Lenz’s Law

Induced current opposes the cause producing it.

Opposition does not mean stopping the change completely. It only means resisting it. The induced current tries to create a magnetic field that either pushes back against an increase in flux or tries to fill in when flux is decreasing.

If a magnet is pushed quickly into a coil, I feel a resisting force. This resistance is because the coil produces an induced magnetic field that pushes back. The work I do against this resistance becomes the induced electrical energy in the coil.

When the north pole approaches the coil, the magnetic flux through the coil increases. According to Lenz’s law, the induced current must oppose this increase. So the coil tries to create its own north pole facing the incoming magnet. This creates a repulsive effect.
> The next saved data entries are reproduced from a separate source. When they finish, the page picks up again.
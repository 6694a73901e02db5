//! The mail of a port's rows, and the mailboxes that it goes to.
//!
//! A port has an end of its own in the mailbox of each process. `Mailboxes` holds these ends, and puts what a row sends, part by part or
//! all of it: the data of its driver's effects, the answer to its signal, what the end of the port tells, and `closed`. What a
//! row sends is said by the history of the port (`row_mail` of `port_history`), after the Erlang/OTP manual of `erlang`
//! (`open_port`, `port_control`, `port_connect`, `link`, `monitor`) and the chapter Ports and Port Drivers of the Erlang Reference Manual.
//!
//! Nothing here calls a driver or changes the ties of a port. No mailbox is taken from here.
#![tactic(auto)]

mod answers;
mod handling;
mod mailboxes;
mod parts;
mod rows;

pub use handling::{Closing, HandledRow, Handling, Origin, Resumption};
pub use mailboxes::Mailboxes;
pub use port_links::{Links, Post};
pub use port_model::{Effect, Mail, NoMemory, Sender, Signal};
pub use task_queue::SendEnd;
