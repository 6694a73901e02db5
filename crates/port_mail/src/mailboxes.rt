ghost use Rattle.std.specs.Prelude.{◌≡◌, ◌∷◌, ◌<◌, [], length, map, OnOk, OnErr};
ghost use Rattle.port_links.specs.port_history.Mail.{send};
ghost use Rattle.port_links.specs.Posts.{sent_of};
ghost use Rattle.port_mail.specs.Ends.{Puts, SendsAt};
ghost use Rattle.port_mail.specs.Rows.{sent_by};

use crate::{Links, Mail, NoMemory, Post, SendEnd};
use std::marker::Model;
use std::sync::Wait;

/// A port's sending ends into the mailboxes of all processes, in the order of their declaration, from 0.
///
/// The calls that post take the ties of the port as they are after the row: who has ended gets nothing. A process whose number is
/// that of no end gets nothing either. Where memory is wanting, the mail up to that place was put, and the rest was not. Each call
/// may spin while another thread is in a call of the same mailbox.
#[derive(Drop)]
pub struct Mailboxes {
    ends: Vec<SendEnd<Mail>>,
}

impl Model for Mailboxes {
    ghost use Rattle.std.specs.Prelude.{List};
    ghost use Rattle.port_mail.specs.Ends.{MailEnd};

    ghost Value = { List MailEnd };

    ghost view = { λ m. m.ends.items };
}

impl Mailboxes {
    /// It takes no memory.
    pub fn new(ends: Vec<SendEnd<Mail>>) -> Mailboxes
        ensures { result ≡ ends.items }
    {
        Mailboxes { ends }
    }

    /// The ends, in their order. It takes no memory.
    pub fn into_ends(self) -> Vec<SendEnd<Mail>>
        ensures { result.items ≡ self }
    {
        let Mailboxes { ends } = self;
        ends
    }

    /// Puts one mail to a process.
    pub fn post<R: Wait>(
        &mut self,
        rt: &R,
        links: &Links,
        to: u32,
        mail: Mail,
    ) -> Result<(), NoMemory>
        ensures { Puts result links.now.ties.ended self.old self.new (send to mail ∷ []) }
    {
        let place = to as usize;
        if links.is_ended(to) {
            return Ok(());
        }
        if place >= self.ends.len() {
            return Ok(());
        }
        self.post_at(rt, place, mail)
    }

    /// Puts one mail through the end at a place.
    fn post_at<R: Wait>(&mut self, rt: &R, place: usize, mail: Mail) -> Result<(), NoMemory>
        requires { place < length self.old }
        ensures ok { OnOk result (SendsAt self.old place mail self.new) }
        ensures err { OnErr result (self.new ≡ self.old) }
    {
        match self.ends[place].put(rt, mail) {
            Ok(_) => Ok(()),
            Err((_, no_memory)) => Err(no_memory),
        }
    }

    /// Puts the mail of a post, where there is one.
    pub(crate) fn post_any<R: Wait>(
        &mut self,
        rt: &R,
        links: &Links,
        post: Option<Post>,
    ) -> Result<(), NoMemory>
        ensures { Puts result links.now.ties.ended self.old self.new (sent_by post) }
    {
        match post {
            Some(Post { to, mail }) => self.post(rt, links, to, mail),
            None => Ok(()),
        }
    }

    /// Puts the mail of these posts, in their order: what the end of the port sends, as `Links::end` answers it.
    pub fn post_all<R: Wait>(
        &mut self,
        rt: &R,
        links: &Links,
        posts: Vec<Post>,
    ) -> Result<(), NoMemory>
        ensures { Puts result links.now.ties.ended self.old self.new (map sent_of posts.items) }
    {
        for Post { to, mail } in posts {
            self.post(rt, links, to, mail)?;
        }
        Ok(())
    }
}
As the magnet moves away, flux decreases. Now the coil tries to oppose the reduction by creating a south pole facing the retreating magnet. This creates an attractive effect.

Whether the magnet is approaching or moving away, the coil responds in such a way that the induced current resists the change in flux in every situation.

1. Find whether magnetic flux is increasing or decreasing.
2. Decide what magnetic field the coil needs to create to oppose that change.
3. Use the coil’s polarity to determine the direction of current (clockwise or anticlockwise).

This method works even without using the right-hand rule.

If the coil must create a north pole towards the magnet, the induced current will flow in a direction that creates that pole. Similarly, if it must create a south pole, the current direction reverses.

The negative sign in Faraday’s law comes directly from Lenz’s law:

\( \varepsilon = -\dfrac{d\Phi_B}{dt} \)

This negative sign ensures that the induced current always follows Lenz’s direction rule.

A magnet falls slowly through a thick copper tube compared to normal free fall. As the magnet falls, the changing flux induces currents in the tube that create magnetic fields opposing the fall. This slows the magnet down.

When the conductor slides in a magnetic field, the flux changes. The induced current creates a magnetic force that resists the motion, making the rod feel harder to move.

In both situations, the coil generates a magnetic field that opposes the change — repelling when the flux increases and attracting when the flux decreases.